I’ve been backing up SQL Servers for almost a decade now, and it’s time to share the lessons I’ve learned. All of this is my own opinion – your mileage may vary – but I’ll try to explain the reasoning behind the choices I make. I won’t address log shipping or snapshots this time around.
Never back up databases to local disk.
If the SQL Server crashes, especially due to a hardware problem or a severe OS problem, the local drives may not be available. In the event of a hardware disaster, I’ve been able to point to my junior guy and say, “Go build a new server and start doing restores from the network share while I try to resuscitate this server.”
Back up databases to a fileshare, then back the share up to tape.
Tape drives these days are fast enough that the vendors like to say DBAs should go straight to tape, and they’re technically right: tape backup & restore speed is not a bottleneck. However, there’s a limited number of drives available. When the DBA needs a restore right away, the tape drives aren’t necessarily sitting idle. At our shop, if multiple people need to do simultaneous restores or backups, there can be a lag time of hours. Disk backups, on the other hand, are always available.
Cost justify the network share with lower licensing costs & simpler backups.
The SAN & backup admins will need cost justification for a new dedicated array just for SQL backups. Tell them that it pays for itself by eliminating the need for backup agents on each SQL Server, plus it simplifies their lives because they can just have one backup policy. Back up everything on that network share once a day, and get it offsite ASAP. They don’t have to worry about what servers are on what schedules or when the peak loads are – they just have one easy task to back up that network share.
Back up to a different SAN if possible.
This one’s not a reality for all shops, but it’s saved my bacon, so I have to mention it. We had our production SAN go down for an entire weekend. I was able to build new database servers using local disk & another SAN, and then restore databases & transaction logs from the network share. The one reason it succeeded was because my backup array was on a different SAN than the production SAN.
My sweet spot for the backup array is raid 10 SATA.
Depending on the backup windows, multiple database servers may be writing backups to that same share simultaneously. Raid 10 gives better write performance than raid 5, and while I’d love to have fiber channel backup drives, it’s cost-prohibitive. Raid 10 on SATA gets me the best balance of cost versus backup throughput. I’ll write a separate article about how to monitor performance metrics during backups to determine where the bottleneck is. Before I started benchmarking, I’d expected my bottleneck to be my gig network cards, but it turned out to be a raid 5 SATA array.
Backup agents like NetBackup and Backup Exec mean giving up scheduling control.

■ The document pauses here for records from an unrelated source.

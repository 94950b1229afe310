//! Values put into tables.
ghost use Rattle.std.specs.Prelude.{◌≡◌, Some, OnOk, option_map};
ghost use Rattle.std.specs.Option.{IfSome, option_copied};
ghost use Rattle.toml.specs.Data.{table};
ghost use Rattle.toml.specs.View.{table_view, view};
ghost use Rattle.vet_files.specs.ReadAgain.{IsReadAs};
ghost use Rattle.vet_files.specs.Tables.{unless_empty, with_key};

use crate::field::Field;
use std::alloc::{AllocError, Global};
use toml::{Table, Value};

/// Puts a TOML value at a key.
pub(crate) fn put_value(
    alloc: Global,
    table: &mut Table,
    key: &str,
    value: Value,
) -> Result<(), AllocError>
    ensures { OnOk result (table_view table.new ≡ with_key (table_view table.old) key.now (Some (view value))) }
{
    table.insert(String::from_str(alloc, key)?, value)?;
    Ok(())
}

/// Puts a value at a key that must have one.
pub(crate) fn put<V: Field>(
    alloc: Global,
    table: &mut Table,
    key: &str,
    value: &V,
) -> Result<(), AllocError>
    ensures put { OnOk result (table_view table.new
        ≡ with_key (table_view table.old) key.now (Some (V.written value.now))) }
    ensures read { OnOk result (IsReadAs V.told (V.written value.now) value.now) }
{
    let written = value.write(alloc)?;
    put_value(alloc, table, key, written)
}

/// Puts a value at a key that may have one, if there is a value.
pub(crate) fn put_some<V: Field>(
    alloc: Global,
    table: &mut Table,
    key: &str,
    value: Option<&V>,
) -> Result<(), AllocError>
    ensures put { OnOk result (table_view table.new
        ≡ with_key (table_view table.old) key.now (option_map (λ v. V.written v) (option_copied value.entry))) }
    ensures read { OnOk result (IfSome (option_copied value.entry) (λ v. IsReadAs V.told (V.written v) v)) }
{
    match value {
        Some(value) => put(alloc, table, key, value),
        None => Ok(()),
    }
}

/// Puts a table at a key, unless it is empty.
pub(crate) fn put_unless_empty(
    alloc: Global,
    table: &mut Table,
    key: &str,
    inner: Table,
) -> Result<(), AllocError>
    ensures { OnOk result (table_view table.new
        ≡ with_key (table_view table.old) key.now (unless_empty (table_view inner))) }
{
    if inner.is_empty() {
        return Ok(());
    }
    put_value(alloc, table, key, Value::Table(inner))
}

I steer clear of backup agents like Backup Exec, NetBackup and TSM because the schedules are generally dictated by the backup guys instead of the database administrators. I like having the control in the hands of the DBAs because they’re quicker to react to SQL Server problems. For example, if the nightly ETL jobs fail on a data warehouse, the DBAs can quickly pause the backup schedule or restore the databases without input from anybody else. I want my backup guys to concentrate on getting the data to tape and getting it offsite rather than worrying about application problems.
Do regular fire drill rebuilds and restores.
At least once a quarter, do a restore from tape. When the DBA team is separate from the backup administrator, just tell the backup admin that it’s a real restore need, like a developer lost something and needs it back from tape. Restore it.
Build a standalone restore testbed.
Stay buddies with the system administrators. Ask them to keep an eye out for leftover end-of-life servers in the shop that have enough internal drive space to do fire drill restores. I acquired a pretty slow server with a huge number of internal drive bays, picked up a bunch of big drives off Ebay, and presto, I have a restore testbed. One of these days, I’ll automate the fire drill restore process so that each week it restores off the network share, but I haven’t quite gotten that ambitious yet. For now, I do the restores manually.
Keep management informed on restore time estimates.
Every quarter, I look at the backup sizes & speeds, and estimate how long it will take to restore a server from tape. I turn that into a written report to management, and for each server, I give cost estimates to decrease that outage window. Sometimes the answer is third-party backup compression software, sometimes it’s more CPU power for the server, sometimes it’s adding memory, etc. The primary goal is to give them enough information to make a good business decision about whether it’s worth the money. The secondary goal is to CYA: when a server is down, and a restore is taking longer than the business owners would like, then it’s a great time to pull out last quarter’s report and say, “See, I told you this would take an hour to restore, and you said it wasn’t worth the $5,000 to shrink down. Should we reconsider that decision now?”
Trust no one.
Get an external FireWire or USB drive. Once a month, bring it into the office, hook it up to the server hosting the network share, and copy the entire backup share to that drive. It’ll take hours, and that’s OK. Take it home, or in today’s security-conscious world, take it to the bank and put it in a safe deposit box. Nobody should ever need to do this, but sometimes even the best backup administrators make mistakes.